---- Task input

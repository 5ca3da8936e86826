//! Reading a script, and writing its output.

ghost use Rattle.std.specs.Prelude.{◌≡◌, ◌+◌, ◌<◌, ◌≤◌, ◌^◌, ℕ, List, [], IfErr, OnOk, OnErr, IsErrOf, length, take};
ghost use Rattle.std.specs.Io.KnownBytes.{Appends};
ghost use Rattle.version_views.specs.Sizes.{IsStoreSized};
ghost use Rattle.index_script.specs.Lines.{kept};
ghost use Rattle.index_script.specs.Script.{fresh_script};
ghost use Rattle.index_script.specs.Runs.{Ends, status_of, complaint_of};
ghost use Rattle.index_script.specs.Inside.{Answers, AnswersBegun, FaltersBegun, FaltersKept, Finishes, Feeds, FeedBreaks, FeedStops};

use crate::line::{Begun, split_line};
use crate::reply::LONGEST_FAULT;
use crate::script::Script;
use std::alloc::Global;
use std::io::{Read, Write};
use thiserror::Error;

/// What ended a run before the end of its input.
#[derive(Clone, Copy, Debug, PartialEq, Eq, Error)]
pub enum RunError {
    /// A read failed, or was interrupted, or was the last that a run makes and still gave bytes.
    #[error("read")]
    Read,
    /// A write failed, or took no byte.
    #[error("write")]
    Write,
    /// Memory was refused.
    #[error("memory")]
    Memory,
}

// How many bytes are read at a time.
const PIECE: usize = 4096;

/// Runs the script that the reader gives on an empty index for at most `places` sessions at a time and with
/// `slots` slots, and writes its output.
///
/// The reply of each line is written before the next is acted on, and nothing is held back. A line
/// at fault takes no memory but what its bytes are read into. A run makes at most 4,294,967,295
/// reads.
///
/// - Without an error, the reader is at its end and each line is answered, also a last one without
///   LF.
/// - `Read`: the complete lines of what was read are answered, and the begun one is dropped.
/// - `Write`: what was written is a beginning of the output, which breaks off in the reply of one
///   line.
/// - `Memory`: the lines before the one that wanted it are answered.
pub fn run<const S: usize, R: Read, W: Write>(
    alloc: Global,
    reader: &mut R,
    writer: &mut W,
    places: usize,
    slots: usize,
) -> Result<(), RunError>
    requires { IsStoreSized places slots S }
    ensures { Ends S (fresh_script places slots) result (R.remaining reader.old) (R.remaining reader.new) (W.contents writer.old) (W.contents writer.new) }
{
    let Ok(mut script) = Script::<S>::new(alloc, places, slots) else {
        return Err(RunError::Memory);
    };
    let result = serve(alloc, &mut script, reader, writer);
    script.end();
    result
}

// Reads to the end, and answers each line.
fn serve<const S: usize, R: Read, W: Write>(
    alloc: Global,
    script: &mut Script<S>,
    reader: &mut R,
    writer: &mut W,
) -> Result<(), RunError>
    requires { script.old.line ≡ 0 }
    ensures { Ends S script.old result (R.remaining reader.old) (R.remaining reader.new) (W.contents writer.old) (W.contents writer.new) }
{
    let mut begun = Begun::new(alloc);
    let Ok(mut reply) = String::with_capacity(alloc, LONGEST_FAULT) else {
        return Err(RunError::Memory);
    };
    let mut buffer = [0u8; PIECE];
    for read in 0..u32::MAX {
        let Ok(count) = reader.read(&mut buffer) else {
            return Err(RunError::Read);
        };
        if count == 0 {
            return finish(script, &begun, &mut reply, writer);
        }
        if let Err(stopped) = feed(script, &mut begun, &buffer[..count], &mut reply, writer) {
            return Err(stopped);
        }
    }
    Err(RunError::Read) // the last read that a run makes still gave bytes
}

// Answers the lines that end in the piece.
fn feed<const S: usize, W: Write>(
    script: &mut Script<S>,
    begun: &mut Begun,
    piece: &[u8],
    reply: &mut String,
    writer: &mut W,
) -> Result<(), RunError>
    requires { script.old.line + length piece.now < 2 ^ 64 }
    ensures ok { OnOk result (Feeds S script.old begun.old piece.now (W.contents writer.old) (W.contents writer.new) begun.new script.new) }
    ensures counted { OnOk result (script.new.line ≤ script.old.line + length piece.now) }
    ensures write { IsErrOf result RunError.Write → FeedBreaks S script.old begun.old piece.now (W.contents writer.old) (W.contents writer.new) }
    ensures memory { IsErrOf result RunError.Memory → FeedStops S script.old begun.old piece.now (W.contents writer.old) (W.contents writer.new) }
    ensures read { IsErrOf result RunError.Read → ⊥ }
{
    let mut rest = piece;
    'lines: while let Some((part, behind)) = split_line(rest) {
        if let Err(stopped) = end_line(script, begun, part, reply, writer) {
            return Err(stopped);
        }
        rest = behind;
    }
    let Ok(()) = begun.extend(rest) else {
        return Err(RunError::Memory);
    };
    Ok(())
}

// Answers the line that ends with this part, and begins the next.
fn end_line<const S: usize, W: Write>(
    script: &mut Script<S>,
    begun: &mut Begun,
    part: &[u8],
    reply: &mut String,
    writer: &mut W,
) -> Result<(), RunError>
    requires { script.old.line + 1 < 2 ^ 64 }
    ensures ok { OnOk result (AnswersBegun S script.old begun.old part.now (W.contents writer.old) (W.contents writer.new) script.new) }
    ensures begun { OnOk result (begun.new ≡ kept []) }
    ensures counted { OnOk result (script.new.line ≡ script.old.line + 1) }
    ensures write { IsErrOf result RunError.Write → FaltersBegun S script.old begun.old part.now (W.contents writer.old) (W.contents writer.new) }
    ensures memory { IsErrOf result RunError.Memory → Appends (W.contents writer.old) (W.contents writer.new) [] }
    ensures read { IsErrOf result RunError.Read → ⊥ }
{
    let Ok(()) = begun.extend(part) else {
        return Err(RunError::Memory);
    };
    answer(script, begun, reply, writer)?;
    begun.clear();
    Ok(())
}

// Answers the line that the input ends with, if it lacks its LF.
fn finish<const S: usize, W: Write>(
    script: &mut Script<S>,
    begun: &Begun,
    reply: &mut String,
    writer: &mut W,
) -> Result<(), RunError>
    requires { script.old.line + 1 < 2 ^ 64 }
    ensures ok { OnOk result (Finishes S script.old begun.now (W.contents writer.old) (W.contents writer.new) script.new) }
    ensures write { IsErrOf result RunError.Write → FaltersKept S script.old begun.now (W.contents writer.old) (W.contents writer.new) }
    ensures memory { IsErrOf result RunError.Memory → Appends (W.contents writer.old) (W.contents writer.new) [] }
    ensures read { IsErrOf result RunError.Read → ⊥ }
{
    if begun.is_empty() {
        return Ok(());
    }
    answer(script, begun, reply, writer)
}

// Acts on a line, and writes its reply, in the memory of earlier replies.
fn answer<const S: usize, W: Write>(
    script: &mut Script<S>,
    begun: &Begun,
    reply: &mut String,
    writer: &mut W,
) -> Result<(), RunError>
    requires { script.old.line + 1 < 2 ^ 64 }
    ensures ok { OnOk result ((line : List ℕ) → begun.now ≡ kept line → Answers S script.old line (W.contents writer.old) (W.contents writer.new) script.new) }
    ensures counted { OnOk result (script.new.line ≡ script.old.line + 1) }
    ensures write { IsErrOf result RunError.Write → FaltersKept S script.old begun.now (W.contents writer.old) (W.contents writer.new) }
    ensures memory { IsErrOf result RunError.Memory → Appends (W.contents writer.old) (W.contents writer.new) [] }
    ensures read { IsErrOf result RunError.Read → ⊥ }
{
    let Ok(()) = script.act(begun.bytes(), reply) else {
        return Err(RunError::Memory);
    };
    send(writer, reply.as_bytes())
}

// Writes all bytes, or a beginning of them.
fn send<W: Write>(writer: &mut W, bytes: &[u8]) -> Result<(), RunError>
    ensures ok { OnOk result (Appends (W.contents writer.old) (W.contents writer.new) bytes.now) }
    ensures err { OnErr result ((n : ℕ) × Appends (W.contents writer.old) (W.contents writer.new) (take n bytes.now)) }
    ensures only { IfErr result (λ e. e ≡ RunError.Write) }
{
    let mut at = 0;
    'sending: while at < bytes.len() {
        match writer.write(&bytes[at..]) {
            Ok(0) => return Err(RunError::Write),
            Ok(count) => at += count,
            Err(_) => return Err(RunError::Write),
        }
    }
    Ok(())
}

/// The status that a program ends with after a run, and what it writes to standard error.
pub fn outcome(ended: &Result<(), RunError>) -> (u8, &'static str)
    ensures status { result.0 ≡ status_of ended.now }
    ensures text { result.1.now ≡ complaint_of ended.now }
{
    match ended {
        Ok(()) => (0, ""),
        Err(RunError::Read) => (1, "index_run: read\n"),
        Err(RunError::Write) => (1, "index_run: write\n"),
        Err(RunError::Memory) => (2, "index_run: memory\n"),
    }
}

--------

## Aim of the task
Where the string "Rattle" appears in a line of the listing, copy that line.

## Expected answer
ghost use Rattle.std.specs.Prelude.{◌≡◌, ◌+◌, ◌<◌, ◌≤◌, ◌^◌, ℕ, List, [], IfErr, OnOk, OnErr, IsErrOf, length, take};
ghost use Rattle.std.specs.Io.KnownBytes.{Appends};
ghost use Rattle.version_views.specs.Sizes.{IsStoreSized};
ghost use Rattle.index_script.specs.Lines.{kept};
ghost use Rattle.index_script.specs.Script.{fresh_script};
ghost use Rattle.index_script.specs.Runs.{Ends, status_of, complaint_of};
ghost use Rattle.index_script.specs.Inside.{Answers, AnswersBegun, FaltersBegun, FaltersKept, Finishes, Feeds, FeedBreaks, FeedStops};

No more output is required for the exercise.